▶ [Excerpted data]:
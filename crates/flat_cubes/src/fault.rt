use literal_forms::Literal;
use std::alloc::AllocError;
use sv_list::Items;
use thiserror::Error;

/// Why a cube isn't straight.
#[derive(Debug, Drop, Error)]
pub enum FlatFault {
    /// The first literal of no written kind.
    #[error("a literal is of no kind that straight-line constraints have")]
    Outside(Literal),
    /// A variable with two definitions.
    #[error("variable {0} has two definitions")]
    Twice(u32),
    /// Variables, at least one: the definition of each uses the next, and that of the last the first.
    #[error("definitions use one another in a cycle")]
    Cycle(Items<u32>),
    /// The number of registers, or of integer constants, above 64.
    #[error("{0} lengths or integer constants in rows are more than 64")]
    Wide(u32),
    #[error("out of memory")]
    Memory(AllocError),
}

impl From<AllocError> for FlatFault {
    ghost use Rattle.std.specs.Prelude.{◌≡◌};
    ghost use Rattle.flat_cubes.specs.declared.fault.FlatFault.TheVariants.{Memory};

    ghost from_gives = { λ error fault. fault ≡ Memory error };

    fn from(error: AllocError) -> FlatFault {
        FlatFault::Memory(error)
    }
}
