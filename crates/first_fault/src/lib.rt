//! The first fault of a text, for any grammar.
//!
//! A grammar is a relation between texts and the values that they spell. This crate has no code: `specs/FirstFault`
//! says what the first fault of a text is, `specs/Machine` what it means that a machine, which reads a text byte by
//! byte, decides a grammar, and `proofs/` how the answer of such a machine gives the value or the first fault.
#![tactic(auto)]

▶ [Work instruction]: Pull out each line of the listing that holds the string "machine".

▶ [Task answer]:
//! says what the first fault of a text is, `specs/Machine` what it means that a machine, which reads a text byte by
//! byte, decides a grammar, and `proofs/` how the answer of such a machine gives the value or the first fault.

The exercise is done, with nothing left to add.